Chile Today’s Women To Watch series highlights female leaders and entrepreneurs. Take an inside look at their careers and the inspiration behind the innovative companies and organizations they’ve built. From tech companies to non-profits, you’ll learn from some of Chile’s most influential thought leaders.
In this article, we sit down with Consuelo Manosalba T., founder and CEO of Frivé, an intentionally-sourced and created Chilean clothing store. Manosalba has several focused pursuits right now. Besides spearheading Frivé, she is also pursuing a Ph.D. in education and assisting Chile Today as its Director of Education behind the scenes.
She is passionate about creativity in all its forms, from research to making clothes. She believes that women are always reinventing themselves and that it is fundamental to do everything one dreams of, regardless of whether or not they are compatible.

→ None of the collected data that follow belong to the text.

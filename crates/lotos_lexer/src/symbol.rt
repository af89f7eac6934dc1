// Symbols that aren't runs of operation bytes.

ghost use Rattle.std.specs.Prelude.{◌≡◌, ◌<◌, ◌≤◌, map, length, All, IfSome};
ghost use Rattle.lotos_ast.specs.Pieces.{symbols_where, first_length};

// The symbols, each before those with which it begins.
const SYMBOLS: [&[u8]; 16] = [
    b"[]", b"[>", b"[", b"]", b"|||", b"||", b"|[", b":=", b":", b"(", b")", b";", b",", b"!",
    b"?", b"_",
];

// The length of the first symbol with which a text begins, where a `|[` is open or not.
pub fn symbol_length(text: &[u8], opened: bool) -> Option<usize>
    ensures symbol { result ≡ first_length text.now (symbols_where opened) }
    ensures within { IfSome result (λ n. (0 < n) × (n ≤ length text.now)) }
{
    if opened && text.starts_with(b"]|") {
        return Some(2);
    }
    first_length(text, &SYMBOLS)
}

// The length of the first of these spellings with which a text begins.
fn first_length(text: &[u8], spellings: &[&[u8]]) -> Option<usize>
    requires { All (λ w. 0 < length w.now) spellings.now }
    ensures first { result ≡ first_length text.now (map (λ w. w.now) spellings.now) }
    ensures within { IfSome result (λ n. (0 < n) × (n ≤ length text.now)) }
{
    for spelling in spellings {
        if text.starts_with(spelling) {
            return Some(spelling.len());
        }
    }
    None
}
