// The refusals of a text whose tokens can't be told.

ghost use Rattle.std.specs.Prelude.{◌≡◌, ◌<◌, IfOk, string_bytes};
ghost use Rattle.lotos_ast.specs.Tokenizes.{hex_digit, hex_text, bad_byte, open_comment, too_long};

use lotos_ast::names::Names;
use lotos_ast::place::Place;
use lotos_ast::refusal::{Refusal, RefusalKind};
use spec_core::memory::Memory;
use spec_core::name::Name;
use std::alloc::{AllocError, Global};

// The text is too long.
pub fn too_long(alloc: Global) -> Refusal
    ensures { result ≡ too_long }
{
    Refusal {
        kind: RefusalKind::TooLong,
        place: Place::START,
        names: Names::none(alloc),
    }
}

// The comment that begins at this place has no end.
pub fn open_comment(alloc: Global, place: Place) -> Refusal
    ensures { result ≡ open_comment place }
{
    Refusal {
        kind: RefusalKind::OpenComment,
        place,
        names: Names::none(alloc),
    }
}

// The byte at this place begins no token.
pub fn bad_byte(alloc: Global, byte: u8, place: Place) -> Result<Refusal, Memory>
    ensures { IfOk result (λ refusal. refusal ≡ bad_byte byte place) }
{
    let mut names = Vec::new(alloc);
    names.push(Name::new(hex_text(alloc, byte)?))?;
    Ok(Refusal {
        kind: RefusalKind::BadByte,
        place,
        names: Names::new(names),
    })
}

// A byte as two hexadecimal digits.
fn hex_text(alloc: Global, byte: u8) -> Result<String, AllocError>
    ensures { IfOk result (λ text. string_bytes text ≡ hex_text byte) }
{
    let mut text = String::new(alloc);
    text.push(hex_digit(byte / 16))?;
    text.push(hex_digit(byte % 16))?;
    Ok(text)
}

// A number below 16 as a hexadecimal digit.
fn hex_digit(number: u8) -> char
    requires { number < 16 }
    ensures digit { result ≡ hex_digit number }
    ensures ascii { result < 128 }
{
    if number < 10 {
        (48 + number) as char
    } else {
        (87 + number) as char
    }
}
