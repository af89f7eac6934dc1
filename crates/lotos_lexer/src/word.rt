// Words.

ghost use Rattle.std.specs.Prelude.{◌≡◌, ◌≤◌, length};
ghost use Rattle.lotos_ast.specs.Pieces.{word_rest, word_kind};

use crate::bytes::{is_letter_or_digit, is_low_line};
use lotos_ast::mark::keyword;
use lotos_ast::token::TokenKind;

// How many bytes go on a word.
pub fn word_rest(text: &[u8]) -> usize
    ensures rest { result ≡ word_rest text.now }
    ensures within { result ≤ length text.now }
{
    let mut count = 0;
    let mut end = 0;
    for byte in text {
        count += 1;
        if is_letter_or_digit(*byte) {
            end = count;
        } else if !is_low_line(*byte) {
            return end;
        }
    }
    end
}

// The class of a word that begins with this byte.
pub fn word_kind(first: u8, word: &[u8]) -> TokenKind
    ensures { result ≡ word_kind first word.now }
{
    if keyword(word).is_some() {
        TokenKind::Keyword
    } else if first.is_ascii_digit() {
        TokenKind::Numeral
    } else {
        TokenKind::Identifier
    }
}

How did you get started in the clothing industry? Tell us a bit more about your background.
In the beginning, I started importing garments from Argentina. My photographers were fashion designers who would work with limited garments and high-quality materials, ideally sustainable. That way, I got to know other designers, and we began to manufacture garments in Chile, and now in Peru; the latter will be launched in about July.
What was your inspiration for founding Frivé?
The name comes from the combination of Frida and Chavela, my beloved mutts rescued from the street. One of the company’s founding principles is to offer clothing made of light materials, which allow us, as women, to feel free. At the same time, we also want to offer versatile items with unique details that are suitable for all occasions.
How would you describe Frivé’s style?
Frivé has a romantic-Boho style that is comfortable for day-to-day living.
What are Frivé’s mission and impact?
One of Frivé’s missions is the use of more sustainable fabrics and intentional purchasing. We cater to clients who take the time to measure themselves, read the material composition, and observe the details. These people only make a purchase when a garment speaks to them – from its material to its design.
In Chile, there is a large retail company, which, in my personal opinion, has generated an excessive consumption of clothing that tends to sit unused in closets and ends up in the trash, generating pollution.
What is the biggest challenge you’ve faced while building Frivé?
One of the biggest challenges has been gradually establishing our vision only to purchase responsible and sustainable clothing. Also, we hope to convey the message that not all clothing suppliers are created equally. We have seen other SMEs take our garments and replicate them using different and low-quality materials. Our designers reach out to these companies and inform them that their actions are not legal or ethical. Our designs are created intentionally, and a lot of intellectual property and hard work goes into each piece.
Do you have employees or work with collaborators?
In Frivé, we employ a commission agent in charge of shipments by Chilean post and deliveries in Concepción, an administrator, an accountant, a designer dressmaker, and an official photographer.
As for the collaborations, we had access to several influencers. However, it didn’t always go according to plan because the posts were not published in their profiles at the agreed times. Currently, we swap with Sofía Lavanchy, who is very professional and close to Frivé’s style.
How would you like to grow Frivé in the next five years? What’s next for your company?
It is essential to have a substantial clothing industry in Chile. Currently, creating clothing here is a complex process. We purchase the fabrics in another country, and then the dressmakers and workshops take turns finishing the products according to their specialties. The process from mold to the final touches and details is lengthy. In Chile, everything is done separately, and high-quality fabrics are scarce.
What is your advice for other women starting their own companies?
- Always trust in what you are doing. There will be complex moments and easier ones.
- Identify a specific segment of people you want to reach.
- Do unique things, because retail is often replicated.
- Always try and try again and keep trying.
- Go step by step. Maybe try starting on social networks, then, little by little, you can open showrooms, branches, etc.
- Always put your stamp on the entire process, from garment selection or creations in wholesale purchases to packaging and shipment.